İnsanı yaratan Allah Azze ve Celle Kur’an’da, sürekli olarak insanı tanıdığından, ona ruhundan üflediğinden, insana yakın olduğundan bahsediyor. Tüm bunlar bize Allah’ın, insanın yapısını en iyi bilen olduğunu, insanı bütünü ile tanıdığını göstermektedir. Bizi bize en güzel şekilde tanıtan Allah Azze ve Celle, bize kendisini de tanıtmakta, rububiyetini ve ulûhiyetini anlatmaktadır. “Rab” sıfatını anlatarak hem yaratan hem en güzel şekilde terbiye eden hem de insanı halden hale koyarak olgunlaştıran olduğunu ortaya koyan Allah, “İlah” olduğunu anlatarak da kanun koyan, otoritenin sahibi ve yeryüzünde “tek hâkim güç” olduğunu ifade etmektedir.
Kur’an-ı Kerim’de bu şekilde insanın kulluğunu, acziyetini ve buna mukabil olarak da kendi otoritesini ortaya koyan Allah Azze ve Celle, gönderdiği yüz yirmi dört bin peygamber ile tek bir dava ortaya koymaktadır. Bu dava ‘Lâ ilâhe illallah’ (insanları kula kulluktan kurtarıp, yalnız Allaha kul yapma) davasıdır. Bu söz, insanları kökten değiştirmeyi hedeflemektedir. Çünkü ancak köklü değişikliklerle insanlar yolun sonuna kadar devam edebilmektedirler.
Kur’an, bu değişimin ve davanın hedefini de ortaya koymaktadır. “Fitne kalmayıp, din yalnız Allah’ın oluncaya kadar onlarla savaşın.”1 ilahi emri Allah’ın otoritesinin yeryüzünde hâkim kılınmasını ve yeryüzünde kumandayı Müslümanların ele geçirmesini hedef olarak göstermektedir. Bu hedef ile Müslümanlara varılacak son noktanın dinin hâkimiyeti olduğu gösterilmektedir. Bizi bu yüce ve ulaşılması zor olan hedefe yönlendiren Allah Azze ve Celle, bu hedefe ulaşmanın yolunu, yöntemini, ilkelerini göstermemiş, Rasulü vasıtasıyla öğretmemiş olabilir mi? Hayatımızla ilgili en fer’i meseleleri bile ayrıntıya kavuşturan, nasıl düşüneceğim, nasıl ibadet edeceğim, nasıl vereceğim, nasıl yaşayıp, nasıl öleceğim sorularına varıncaya kadar her meseleye cevap veren ve bizleri tayin edilmiş bir istikamete yönlendiren Kur’an ve Sünnet, “Davamızı nasıl hâkim kılacağız?” sorusuna cevap vermemiş olabilir mi? Hedefi gösteren Allah Azze ve Celle, bu hedefe ulaşmanın yolunu göstermemiş olabilir mi?
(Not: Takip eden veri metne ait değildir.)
// Numbers: digits alone, with decimals, dates, and those with check digits.
ghost use Rattle.std.specs.Prelude.{◌≡◌, ◌+◌, ◌*◌, ◌<◌, ◌≤◌, true, length, slice_index, IfSome};
ghost use Rattle.layout.specs.Packed.{size_unit, decimals_class};
ghost use Rattle.rules.specs.Bytes.{bar};
ghost use Rattle.whole.specs.Word.{leading};
ghost use Rattle.whole.specs.Whole.{number_at, longest, CentsPast, DigitsPast, Past};

use crate::bar::bar_past;
use crate::digits::digits_from;
use crate::word::{WORD, four};
use field::bytes::COMMA;

// A comma, two zeros and a bar as one number, the first byte lowest.
const CENTS: u64 = 0x7c30302c;

// Its bits that any two digits have there: all but their low halves.
const FIXED: u64 = 0xfff0f0ff;

// So much is added to both digits: those bits stay as they are up to 9.
const SIX_EACH: u64 = 0x00060600;

// Past two decimals, whose comma should stand at c, and their bar: four bytes are looked at as one number.
fn cents_past(s: &[u8], c: usize) -> Option<usize>
    requires { c + 4 ≤ length s.now }
    ensures { IfSome result (CentsPast s.now c) }
{
    let x = u64::from(four(s, c));
    if (((x ^ CENTS) | ((x + SIX_EACH) ^ CENTS)) & FIXED) != 0 {
        return None;
    }
    Some(c + 4)
}

// Past the k digits from i on and their bar, if there are as many as there should be.
fn exactly(s: &[u8], i: usize, k: usize, size: usize) -> Option<usize>
    requires { i + k < length s.now }
    ensures { IfSome result (λ past. (past ≡ i + k + 1) × (slice_index s.now (i + k) ≡ bar) × (k ≡ size)) }
{
    if k != size {
        return None;
    }
    bar_past(s, i + k)
}

// A number with so many decimals, 8 at most, and at most 8 digits before them: 16 behind a comma would reach past `longest`, so it is no
// one function with `exact_past`.
#[tactic(auto, using(crate::proofs::NumberLaws::decimal_past))]
pub fn decimal_past(s: &[u8], i: usize, size: usize) -> Option<usize>
    requires { i + longest ≤ length s.now }
    ensures { IfSome result (Past (decimals_class + size_unit * size) s.now i (i + longest)) }
{
    let c = i + digits_from(s, i);
    if c == i || s[c] != COMMA {
        return None;
    }
    exactly(s, c + 1, digits_from(s, c + 1), size)
}

// How many digits stand here, at most 16.
fn many_digits_from(s: &[u8], i: usize) -> usize
    requires { i + 16 ≤ length s.now }
    ensures counted { result ≡ leading 16 s.now i }
    ensures few { result ≤ 16 }
{
    let k = digits_from(s, i);
    if k < WORD {
        return k;
    }
    WORD + digits_from(s, i + WORD)
}

// An amount with two decimals and at most 16 digits before them.
#[tactic(auto, using(crate::proofs::NumberLaws::amount_past))]
pub fn amount_past(s: &[u8], i: usize) -> Option<usize>
    requires { i + longest ≤ length s.now }
    ensures { IfSome result (Past (decimals_class + size_unit * 2) s.now i (i + longest)) }
{
    let k = many_digits_from(s, i);
    if k == 0 {
        return None;
    }
    cents_past(s, i + k)
}

// Exactly so many digits, at most 16.
pub fn exact_past(s: &[u8], i: usize, size: usize) -> Option<usize>
    requires { i + longest ≤ length s.now }
    ensures { IfSome result (DigitsPast s.now i size) }
{
    exactly(s, i, many_digits_from(s, i), size)
}

// Digits, at most 16.
pub fn any_past(s: &[u8], i: usize) -> Option<usize>
    requires { i + longest ≤ length s.now }
    ensures { IfSome result (DigitsPast s.now i (leading 16 s.now i)) }
{
    bar_past(s, i + many_digits_from(s, i))
}

// The number that n digits stand for.
#[tactic(auto, using(crate::proofs::NumberLaws::passed_small, crate::proofs::NumberLaws::taken_digit), unfolding(crate::specs::Whole::number_at))]
fn number_at(s: &[u8], i: usize, n: usize) -> u64
    requires { (n ≤ 14) × (i + n ≤ length s.now) × (n ≤ leading 16 s.now i) }
    ensures { result ≡ number_at n s.now i }
{
    let mut v = 0;
    for &b in &s[i..i + n] {
        v = v * 10 + u64::from(b - b'0');
    }
    v
}

// Exactly so many digits, whose number passes a check.
pub fn checked_past<F: Fn(u64) -> bool>(
    s: &[u8],
    i: usize,
    size: usize,
    is_right: F,
) -> Option<usize>
    requires { (size ≤ 14) × (i + longest ≤ length s.now) × F.IsAlwaysCallable is_right }
    ensures { IfSome result (λ past. DigitsPast s.now i size past × F.post is_right (number_at size s.now i) true) }
{
    if many_digits_from(s, i) != size || !is_right(number_at(s, i, size)) {
        return None;
    }
    bar_past(s, i + size)
}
Bu soruların cevabını bilginin ana kaynağı olan Kur’an’dan, o Kur’an’ın pratiği olan sünnetten ve akl-ı selimden alacağız. Kur’an’da geçen birçok ayet bize, hedefi tayin eden Rabbimiz Teâlâ’nın hedefe giden yolu da gösterdiğini ortaya koymaktadır. “Bizim yolumuzda cihat edenleri yollarımıza iletiriz.”2, “Allah’ın çağrısına kulak veren doğru yolu bulmuş olur.”3, “Kur’an ile anlat.”4 ifadeleri ile gelen birçok ayet-i kerime, bizlere metodun Kur’an’dan alınması gerektiğini anlatmaktadır.
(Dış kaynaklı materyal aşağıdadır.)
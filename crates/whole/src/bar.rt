// The bar that ends a field.
ghost use Rattle.std.specs.Prelude.{◌≡◌, ◌+◌, ◌<◌, IfSome, length, slice_index};
ghost use Rattle.rules.specs.Bytes.{bar};

use field::bytes::BAR;

// Past the bar that should stand at e.
pub fn bar_past(s: &[u8], e: usize) -> Option<usize>
    requires { e < length s.now }
    ensures { IfSome result (λ past. (past ≡ e + 1) × (slice_index s.now e ≡ bar)) }
{
    (s[e] == BAR).then_some(e + 1)
}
Kur’an’da geçen peygamber kıssalarına baktığımızda ise, tüm peygamberlerin kavimlerine aynı davayı, aynı inanç sistemini sunarken yol olarak da aynı yolu izlediklerini görüyoruz. Seyyid Kutub “Cahiliye, bir tavır alıştır, bir durumdur, bir inanıştır, bir düşünüştür ve bu temeller üzerinde organik bir yapılanma ve toparlanmadır.” diyor. Madem cahiliye, zaman – mekân ötesi bir tavır alıştır, Müslümanların da bu cahiliyeye karşı tavırları, zaman – mekân ötesi Rabbani bir karşı koyuş olmalıdır.
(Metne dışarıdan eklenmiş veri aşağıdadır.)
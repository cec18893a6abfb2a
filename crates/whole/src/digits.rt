// How many digits stand at a place: eight bytes are looked at as one number.
ghost use Rattle.std.specs.Prelude.{◌≡◌, ◌+◌, ◌≤◌, length};
ghost use Rattle.whole.specs.Word.{other_marks, leading};

use crate::word::{TOP_BITS, WORD, eight, first_of};

// So much is added to each byte: its top bit is then set above 9, and unless it is 0 or above.
const ABOVE_NINE: u64 = 0x4646464646464646;

const FROM_ZERO: u64 = 0xcfcfcfcfcfcfcfd0;

// 0 if the eight bytes are digits; else its first mark is that of the first byte that is none.
#[tactic(auto, using(crate::proofs::WordLaws::others_are))]
pub fn others(x: u64) -> u64
    ensures { result ≡ other_marks 8 x }
{
    (x.wrapping_add(ABOVE_NINE) | x.wrapping_add(FROM_ZERO)) & TOP_BITS
}

// How many of eight bytes are digits, before the first other.
pub fn digits_from(s: &[u8], i: usize) -> usize
    requires { i + 8 ≤ length s.now }
    ensures counted { result ≡ leading 8 s.now i }
    ensures few { result ≤ 8 }
{
    let marks = others(eight(s, i));
    if marks == 0 {
        return WORD;
    }
    first_of(marks)
}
Yine Kur’an’da geçen peygamber kıssaları, yolun sonunu göstermektedir. Bugün beşerî metotlarla ortaya çıkanlar, farazi bir şekilde yola çıkmaktadır. Allah’ın peygamberleri ile ortaya koyduğu Rabbani metot, bu karanlık ve bulanık ortamda, Müslüman cemaatlere sanki bir “gece görüş kamerası” gibi, bir “projektör” gibi yol göstermektedir. Rabbimiz şöyle buyuruyor! “Allah, denizin ve karanın karanlıklarında insanlara yol gösterir.”5 Yani Rabbani metot, davetçilerin bilinen bir yolla hedefe ulaşmalarını sağlamaktadır. Gittiği yolun sonunu göremeyenler ya yarı yolda kalacaklardır ya da yanlış bir hedefe varacaklardır. Varılan yanlış menzil, birçok emek sarf edilerek elde edildiği için de bir süre sonra benimsenecek ve asıl hedef unutulacaktır.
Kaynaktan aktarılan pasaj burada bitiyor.